Trente-cinq ans après, il en rigole au téléphone : tout ça, c'est loin, il n'a jamais aimé la gloriole. On vient déranger sa paisible retraite, au milieu des livres et des tableaux. C'est un petit bonhomme en jean, des yeux bleus délavés. Le sourire espiègle qui ne s'éteint jamais. "J'en ai fait des conneries dans ma vie, celle-là , j'en suis pas trop mécontent."
La peur du ventre qui enfle
Jean Moreau, c'était la grande gueule de "l'Obs", l'éternel révolté. Un journaliste comme on n'en fait plus, ce fils de garagiste avait débuté à la documentation de "l'Express", avant de diriger celle du journal de Jean Daniel. Un drôle de zébulon, ami de Sartre et Glucksmann, un cégétiste apprécié de ses patrons, qui passait sa vie dans les usines, les manifs, sur les grands boulevards à distribuer "la Cause du peuple".
Jean, c'était celui avec qui on aimait refaire le monde, celui à qui on venait raconter sa vie. Les filles surtout. Elles se savaient en confiance, cet homme-là avait lu et relu "le Deuxième Sexe". Elles pouvaient tout lui dire : l'amour souvent gâché par le manque d'insouciance, le plaisir surveillé, la peur obsessionnelle du ventre qui enfle.
Garder l'enfant ou braver la loi
De la préhistoire pour les jeunes générations... Pourtant, ce n'est pas si loin. Fin des années 1960, début des années 1970, on prônait l'amour libre sans en avoir les moyens.
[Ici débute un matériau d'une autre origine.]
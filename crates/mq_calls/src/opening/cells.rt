// The cells of the home blocks, as a desk is opened with them.
ghost use Rattle.std.specs.Prelude.{◌≡◌, ◌<◌, ◌≤◌, ◌++◌, ◌∷◌, [], List, Option, ℕ, IfOk, length};
ghost use Rattle.mq_blocks.specs.Geometry.{homes_of, meta_of};
ghost use Rattle.mq_tree.specs.Laid.{is_marked, map_of};
ghost use Rattle.mq_calls.specs.Opening.{first_cells};

use mq_blocks::{Block, BlockNo, Geometry, OutOfMemory};
use mq_layout::{bit, zone_bitmap};
use mq_pages::PageCell;
use mq_recover::Standing;
use std::alloc::Global;

// Whether the bit of a block of a zone is set in the bitmap of the zone.
fn is_marked(geometry: Geometry, blocks: &[Option<Block>], b: BlockNo) -> bool
    requires zone { meta_of geometry ≤ b }
    requires home { b < homes_of geometry }
    requires within { meta_of geometry ≤ length blocks.now }
    ensures { result ≡ is_marked geometry blocks.now b }
{
    let Some(zone) = geometry.zone_of(b) else {
        unreachable!()
    };
    let bitmap = zone_bitmap(geometry, zone).0 as usize;
    match &blocks[bitmap] {
        Some(block) => bit(block, (b.0 - geometry.meta()) % geometry.zone()),
        None => false,
    }
}

// What the map has at a block that stands behind these: itself, where an absent one is zeros, unless it is
// a block of a zone whose bit is not set.
fn content_of(
    alloc: Global,
    geometry: Geometry,
    before: &[Option<Block>],
    b: BlockNo,
    block: Option<Block>,
) -> Result<Option<Block>, OutOfMemory>
    requires place { b ≡ length before.now }
    requires home { b < homes_of geometry }
    ensures { (rest : List (Option (List ℕ)))
        → IfOk result (λ content. content ≡ map_of geometry (before.now ++ block ∷ rest) b) }
{
    let is_free = b.0 >= geometry.meta() && !is_marked(geometry, before, b);
    if is_free {
        return Ok(None);
    }
    match block {
        Some(block) => Ok(Some(block)),
        None => Ok(Some(Block::zeroed(alloc)?)),
    }
}

/// A cell for each home block, whose content is moved out of what stands there. The last block goes first,
/// so that the bitmaps are read before they are moved.
pub fn make_cells(
    alloc: Global,
    geometry: Geometry,
    standing: Standing,
) -> Result<Vec<PageCell>, OutOfMemory>
    requires whole { length standing.blocks.items ≡ homes_of geometry }
    ensures { IfOk result (λ cells. cells.items ≡ first_cells geometry standing.blocks.items standing.base) }
{
    let base = standing.base;
    let mut blocks = standing.blocks;
    let mut cells = Vec::with_capacity(alloc, blocks.len())?;
    while let Some(block) = blocks.pop() {
        let b = BlockNo(blocks.len() as u32);
        let content = content_of(alloc, geometry, &blocks, b, block)?;
        cells.push_reserved(PageCell {
            content,
            version: base,
            last_logged: base,
            home_version: base,
        });
    }
    cells.reverse();
    Ok(cells)
}
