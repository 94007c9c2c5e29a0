// Why a text means nothing.
ghost use Rattle.std.specs.Prelude.{◌≡◌};
ghost use Rattle.unescape_pieces.specs.Meaning.{refusal_of};

use text::{Part, Refusal};

// An invalid escape code, with the part that its message shows, or what is wrong at the end of a text in quotes.
#[derive(Clone, Copy)]
pub enum Fault {
    InvalidEscape(Part),
    EscapeAtEnd,
    ExtraCharacters,
    UnclosedQuotes,
}

impl From<Fault> for Refusal {
    ghost from_gives = { λ f r. r ≡ refusal_of f };

    fn from(fault: Fault) -> Refusal {
        match fault {
            Fault::InvalidEscape(_) => Refusal::InvalidEscape,
            Fault::EscapeAtEnd => Refusal::EscapeAtEnd,
            Fault::ExtraCharacters => Refusal::ExtraCharacters,
            Fault::UnclosedQuotes => Refusal::UnclosedQuotes,
        }
    }
}
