// Reading a text piece by piece.
ghost use Rattle.std.specs.Prelude.{◌≡◌, ◌-◌};
ghost use Rattle.unescape_pieces.specs.Pieces.{fault_at};
ghost use Rattle.unescape_pieces.specs.Cursor.{Shows, piece_bytes, Skips, slice_of};

use crate::cursor::{Bytes, Cursor};
use crate::fault::Fault;
use crate::pieces::{Piece, Spot, next_piece};
use text::Part;

// A fault of the bytes from `at` on, as one of the text.
fn placed(fault: Fault, at: usize) -> Fault
    requires { Shows (18446744073709551615 - at) fault }
    ensures { result ≡ fault_at at fault }
{
    match fault {
        Fault::InvalidEscape(p) => Fault::InvalidEscape(Part {
            start: at + p.start,
            end: at + p.end,
        }),
        other => other,
    }
}

// The bytes of a piece, `passed` being those that are passed with it.
#[tactic(auto, using(utf8::proofs::Encodings::encoded_bytes))]
fn bytes_of<'a>(piece: Piece, passed: &'a [u8]) -> Bytes<'a>
    requires { Skips piece passed.now }
    ensures { slice_of result ≡ piece_bytes piece passed.now }
{
    match piece {
        Piece::Run(skip) => Bytes::AsTheyStand(&passed[skip..]),
        Piece::Scalar(n) => Bytes::Encoded(utf8::encode(n)),
    }
}

impl<'a> Bytes<'a> {
    pub fn as_slice(&self) -> &[u8]
        ensures { result.now ≡ slice_of self.now }
    {
        match self {
            Bytes::AsTheyStand(s) => s,
            Bytes::Encoded(e) => &e.bytes[..e.len],
        }
    }
}

impl<'a> Iterator for Cursor<'a> {
    ghost use Rattle.std.specs.Iterator.{at_most};
    ghost use Rattle.unescape_pieces.specs.Cursor.{Comes, size};

    type Item = Result<Bytes<'a>, Fault>;

    ghost next_gives = { Comes };

    ghost remaining = { λ c. at_most (size c) };

    // The piece at the cursor, which moves behind it; None at the end of the text. A fault is the last that comes.
    fn next(&mut self) -> Option<Result<Bytes<'a>, Fault>> {
        let at = self.at;
        let text = self.text;
        let rest = &text[at..];
        let found = match next_piece(self.spot, self.indent, rest) {
            Ok(found) => found,
            Err(fault) => {
                self.at = text.len();
                self.spot = Spot::Break;
                return Some(Err(placed(fault, at)));
            }
        };
        let next = found?;
        let passed = &rest[..next.pass];
        self.at = at + next.pass;
        self.spot = next.spot;
        Some(Ok(bytes_of(next.piece, passed)))
    }
}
Malgré la loi Neuwirth sur la contraception et les campagnes d'information du Planning familial, seules 6% des femmes prenaient la pilule. "Ici Paris" et "France Dimanche" la disaient alors dangereuse et inefficace. On baisait, en priant le ciel que ça n'arrive pas... Celles qui "tombaient" enceintes n'avaient qu'un choix : garder l'enfant ou braver la loi.
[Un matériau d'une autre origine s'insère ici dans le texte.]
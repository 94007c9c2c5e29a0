// A parser's state in the words of a lent slice, in the order of specs/ParserWords.
ghost use Rattle.std.specs.Prelude.{◌≡◌, cond, ◌&&◌, ◌≤◌, leb, length, take, drop};
ghost use Rattle.tokenizer.specs.Step.{fit};
ghost use Rattle.tokenizer_words.specs.Words.{pasted, pasted_in, held_words, state_in};
ghost use Rattle.parser.specs.Step.{max_sections};
ghost use Rattle.parser_words.specs.ParserWords.{
  parser_size,
  section_words,
  said_of,
  middle_by,
  middle_words,
  parser_stored_in,
  awaited_in,
  kept_in,
  parser_in,
  are_sorts,
  parser_readable,
  fresh_parser_in,
};

use parser::{Awaited, Kept, Section, State};
use parser_rules::{awaited, sort};
use tokenizer::Said;
use tokenizer_rows::{token_in, word};
use tokenizer_words::{flag_of, held_by, held_words, is_fit, is_readable, paste, store};

// The word of what is kept where that is End: the next after the kinds.
pub const KEPT_END: usize = 11;

// Whether the sorts of the 65 sections are sorts.
fn are_sorts(w: &[usize]) -> bool
    requires { parser_size ≤ length w.now }
    ensures { result ≡ are_sorts max_sections (drop 148 w.now) }
{
    (0..65).all(|k| w[148 + 2 * k] <= sort::LIST)
}

// Whether the words are a parser's state.
pub fn is_parser(w: &[usize]) -> bool
    ensures { result ≡ parser_readable w.now }
{
    if w.len() < 278 {
        return false;
    }
    let front = is_readable(w);
    let sorts = are_sorts(w);
    front & ((w[137] <= 1) & ((w[138] <= awaited::MULTILINE) & ((w[140] <= KEPT_END) & sorts)))
}

#[tactic(auto, unfolding(crate::specs::ParserWords::awaited_in))]
fn awaited_in(n: usize, line: usize) -> Awaited
    ensures { result ≡ awaited_in n line }
{
    match n {
        awaited::VALUE => Awaited::Value(line),
        awaited::MULTILINE => Awaited::Multiline(line),
        _ => Awaited::Nothing,
    }
}

#[tactic(auto, unfolding(crate::specs::ParserWords::kept_in))]
fn kept_in(w: &[usize]) -> Kept
    ensures { result ≡ kept_in w.now }
{
    let number = word(w, 0);
    if number == Said::END {
        return Kept::Nothing;
    }
    if number == KEPT_END {
        return Kept::End;
    }
    Kept::Token(token_in(w))
}

// What is kept, as what a step says.
fn said_of(k: Kept) -> Said
    ensures { result ≡ said_of k }
{
    match k {
        Kept::Nothing => Said::bare(Said::END, 0),
        Kept::End => Said::bare(KEPT_END, 0),
        Kept::Token(t) => Said::from(t),
    }
}

// The eleven words between the tokenizer's and the sections'.
pub fn middle_by(
    refused: bool,
    awaited: usize,
    line: usize,
    kept: Said,
    count: usize,
) -> [usize; 11]
    ensures { result ≡ middle_by refused awaited line kept count }
{
    [
        flag_of(refused),
        awaited,
        line,
        kept.number,
        kept.line,
        kept.start,
        kept.end,
        kept.from,
        kept.to,
        kept.opened,
        count,
    ]
}

#[tactic(auto, unfolding(crate::specs::ParserWords::middle_words))]
fn middle(s: State) -> [usize; 11]
    ensures { result ≡ middle_words s }
{
    let awaited = s.awaited;
    let kept = said_of(s.kept);
    middle_by(s.refused, awaited.number(), awaited.line(), kept, s.count)
}

// Writes the sections, two words each, after the 148, as tokenizer_words writes its slots.
fn put_sections(sections: [Section; 65], w: &mut [usize])
    requires { parser_size ≤ length w.old }
    ensures { w.new ≡ pasted (section_words sections) 148 w.old }
{
    for (k, s) in sections.iter().enumerate() {
        w[148 + 2 * k] = s.sort_number();
        w[149 + 2 * k] = s.line;
    }
}

// Writes the state at the front of the words: true; or false, with nothing written, where there are fewer than 278.
pub fn store_parser(s: State, words: &mut [usize]) -> bool
    ensures value { result ≡ leb parser_size (length words.old) }
    ensures words_after { words.new ≡ parser_stored_in s words.old }
{
    if words.len() < 278 {
        return false;
    }
    let tokenizer = s.tokenizer;
    let sections = s.sections;
    let m = middle(s);
    store(tokenizer, words);
    paste(&m, 137, words);
    put_sections(sections, words);
    true
}

// The eleven words again, with 0 for those that stand for nothing.
#[tactic(auto, unfolding(crate::specs::ParserWords::middle_words, crate::specs::ParserWords::parser_in))]
fn middle_in(w: &[usize]) -> [usize; 11]
    requires { parser_size ≤ length w.now }
    ensures { result ≡ middle_words (parser_in w.now) }
{
    let kept = said_of(kept_in(&w[140..146]));
    let awaited = awaited_in(w[138], w[139]);
    middle_by(w[137] == 1, awaited.number(), awaited.line(), kept, w[147])
}

// Copies the words of a state, with 0 for those that stand for nothing.
fn copy_parser(src: &[usize], dst: &mut [usize])
    requires { parser_size ≤ length src.now }
    ensures { dst.new ≡ pasted_in (middle_words (parser_in src.now)) 137 (pasted_in (held_words (state_in src.now).held) 5 (pasted_in (take parser_size src.now) 0 dst.old)) }
{
    let held = held_by(src[5], src[6], src[7]);
    let h = held_words(held);
    let m = middle_in(src);
    paste(&src[..278], 0, dst);
    paste(&h, 5, dst);
    paste(&m, 137, dst);
}

// Stores at the front of dst the state of src: true; or false, with nothing written, where it is no state, or does not
// fit a document of n bytes. The state never leaves its words: see `restore` of tokenizer_words.
pub fn restore_parser(n: usize, src: &[usize], dst: &mut [usize]) -> bool
    ensures value { result ≡ (parser_readable src.now && fit n (parser_in src.now).tokenizer) }
    ensures dst_after { dst.new ≡ cond result (parser_stored_in (parser_in src.now) dst.old) dst.old }
{
    if !is_parser(src) {
        return false;
    }
    if !is_fit(n, src) {
        return false;
    }
    if dst.len() < 278 {
        return true;
    }
    copy_parser(src, dst);
    true
}

// Writes the fresh state at the front: true; or false, with nothing written, where there are fewer than 278 words.
pub fn fresh_parser(state: &mut [usize]) -> bool
    ensures value { result ≡ leb parser_size (length state.old) }
    ensures state_after { state.new ≡ fresh_parser_in state.old }
{
    store_parser(State::new(), state)
}
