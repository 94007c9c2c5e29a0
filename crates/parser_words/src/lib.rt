// A parser's state in lent words, for callers in C and Rust.
#![tactic(auto)]

mod words;

pub use words::{KEPT_END, fresh_parser, is_parser, middle_by, restore_parser, store_parser};
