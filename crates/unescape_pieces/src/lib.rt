// A text, one piece at a time: bytes as they stand, a scalar value, or why it is refused.
#![tactic(auto)]

mod cursor;
mod fault;
mod pieces;
mod reading;
mod start;

pub use cursor::{Bytes, Cursor};
pub use fault::Fault;
pub use pieces::{Next, Piece, Spot, next_piece};
pub use start::{Start, Style, start_of};
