// One piece of an unescaped text at a time, given what stands at a place of the text and the bytes from there on.
ghost use Rattle.std.specs.Prelude.{◌≡◌, ◌≤◌, length};
ghost use Rattle.std.specs.List.{prefix_len};
ghost use Rattle.unescape_pieces.specs.Meaning.{scalar_in};
ghost use Rattle.unescape_pieces.specs.Pieces.{
  is_before,
  invalid,
  brace_next,
  escape_next,
  quoted_next,
  opened_by,
  line_next,
  break_next,
  next_of,
};

use crate::fault::Fault;
use text::Part;
use unescape_codes::{code_of, simple_of};

// The braces of a code.
const OPENING: u8 = b'{';

const CLOSING: u8 = b'}';

// What stands at a place: characters in quotes, a multiline value's first line, a later one, or the break after one.
#[derive(Clone, Copy)]
pub enum Spot {
    Quotes,
    FirstLine,
    LaterLine,
    Break,
}

// A piece: the bytes passed but for so many in front, or a scalar value.
#[derive(Clone, Copy)]
pub enum Piece {
    Run(usize),
    Scalar(u32),
}

// A piece, how many bytes of the text are passed with it, and what stands after them.
#[derive(Clone, Copy)]
pub struct Next {
    pub piece: Piece,
    pub pass: usize,
    pub spot: Spot,
}

// How many bytes stand before the first `"` or `stop`.
pub(crate) fn len_before(stop: u8, s: &[u8]) -> usize
    ensures value { result ≡ prefix_len (is_before stop) s.now }
    ensures within { result ≤ length s.now }
{
    s.iter()
        .take_while(|b| !(**b == b'"' || **b == stop))
        .count()
}

// An invalid escape, of which so many bytes are shown.
fn invalid(shown: usize) -> Result<Option<Next>, Fault>
    ensures { result ≡ invalid shown }
{
    Err(Fault::InvalidEscape(Part {
        start: 0,
        end: shown,
    }))
}

// The number that the bytes of a brace name, where it is a scalar value.
fn scalar_in(h: &[u8]) -> Option<u32>
    ensures { result ≡ scalar_in h.now }
{
    code_of(h).filter(|code| utf8::is_scalar(*code))
}

// An escape whose backslash and `{` stand before s.
#[tactic(auto, unfolding(crate::specs::Pieces::brace_next))]
fn brace_next(s: &[u8]) -> Result<Option<Next>, Fault>
    ensures { result ≡ brace_next s.now }
{
    let n = len_before(CLOSING, s);
    if s.get(n) != Some(&CLOSING) {
        return invalid(n + 2);
    }
    let Some(code) = scalar_in(&s[..n]) else {
        return invalid(n + 3);
    };
    Ok(Some(Next {
        piece: Piece::Scalar(code),
        pass: n + 3,
        spot: Spot::Quotes,
    }))
}

// An escape whose backslash stands before s.
#[tactic(auto, unfolding(crate::specs::Pieces::escape_next))]
fn escape_next(s: &[u8]) -> Result<Option<Next>, Fault>
    ensures { result ≡ escape_next s.now }
{
    let Some((&b, rest)) = s.split_first() else {
        return Err(Fault::EscapeAtEnd);
    };
    if b == OPENING {
        return brace_next(rest);
    }
    let Some(code) = simple_of(b) else {
        return invalid(1 + utf8::char_len(s));
    };
    Ok(Some(Next {
        piece: Piece::Scalar(u32::from(code)),
        pass: 2,
        spot: Spot::Quotes,
    }))
}

// The characters in quotes, the opening one passed.
#[tactic(auto, unfolding(crate::specs::Pieces::quoted_next, crate::specs::Meaning::is_empty))]
fn quoted_next(s: &[u8]) -> Result<Option<Next>, Fault>
    ensures { result ≡ quoted_next s.now }
{
    let Some((&b, rest)) = s.split_first() else {
        return Err(Fault::UnclosedQuotes);
    };
    if b == b'\\' {
        return escape_next(rest);
    }
    if b != b'"' {
        return Ok(Some(Next {
            piece: Piece::Run(0),
            pass: len_before(b'\\', s),
            spot: Spot::Quotes,
        }));
    }
    if rest.is_empty() {
        Ok(None)
    } else {
        Err(Fault::ExtraCharacters)
    }
}

// A line of a multiline value: without the indentation where it begins with it, else as it stands, or none of it.
#[tactic(auto, unfolding(crate::specs::Pieces::line_next))]
fn line_next(later: bool, indent: &[u8], s: &[u8]) -> Next
    ensures { result ≡ line_next later indent.now s.now }
{
    let pass = text::line_end(s);
    let other = if later { pass } else { 0 };
    let skip = if text::starts_with(&s[..pass], indent) {
        indent.len()
    } else {
        other
    };
    Next {
        piece: Piece::Run(skip),
        pass,
        spot: Spot::Break,
    }
}

// The size of the break that s begins with, where it opens a line: a final LF, or CR LF, opens none, a final CR an
// empty one.
#[tactic(auto, unfolding(crate::specs::Pieces::opened_by))]
fn opening(s: &[u8]) -> Option<usize>
    ensures { result ≡ opened_by s.now }
{
    match text::newline_size(s) {
        0 => None,
        n if n < s.len() => Some(n),
        1 if s.first() == Some(&b'\r') => Some(1),
        _ => None,
    }
}

// The LF before a later line, or the end of the lines.
#[tactic(auto, unfolding(crate::specs::Pieces::break_next))]
fn break_next(s: &[u8]) -> Option<Next>
    ensures { result ≡ break_next s.now }
{
    let pass = opening(s)?;
    Some(Next {
        piece: Piece::Scalar(u32::from(b'\n')),
        pass,
        spot: Spot::LaterLine,
    })
}

// The next piece, s being the text from its place on; None at its end. A fault's part is counted from that place.
#[tactic(auto, unfolding(crate::specs::Pieces::next_of))]
pub fn next_piece(spot: Spot, indent: &[u8], s: &[u8]) -> Result<Option<Next>, Fault>
    ensures { result ≡ next_of spot indent.now s.now }
{
    match spot {
        Spot::Quotes => quoted_next(s),
        Spot::FirstLine => Ok(Some(line_next(false, indent, s))),
        Spot::LaterLine => Ok(Some(line_next(true, indent, s))),
        Spot::Break => Ok(break_next(s)),
    }
}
Les privilégiées partaient en Grande-Bretagne ou en Suisse, trouvaient dans leurs relations un médecin qui, moyennant finance, acceptait de faire le sale boulot. Les autres bricolaient, des aiguilles à tricoter, une sonde, des pastilles d'eau de Javel... Beaucoup y perdaient leur fécondité et, dans 1 cas sur 1.000, leur vie. Après des années de silence, l'opinion publique découvrait l'horreur des avortements clandestins grâce notamment aux féministes.
Le MLF voulait tout foutre en l'air
Elles n'étaient au départ qu'une poignée, de jeunes profs, étudiantes, réunies dans l'élan de Mai-68. Au MLF, on voulait tout foutre en l'air, le capitalisme, le patriarcat... A cette époque, les "soeurs" américaines brûlaient leurs soutiens-gorges dans les rues de New York. Elles balbutiaient, mais leurs actions commençaient à faire du bruit : une gerbe déposée en août 1970 à la mémoire de la femme du soldat inconnu, des batailles rangées contre les troupes antiavortement du professeur Lejeune, un célèbre lancer de mou de veau lors des Etats généraux de la Femme du magazine "Elle".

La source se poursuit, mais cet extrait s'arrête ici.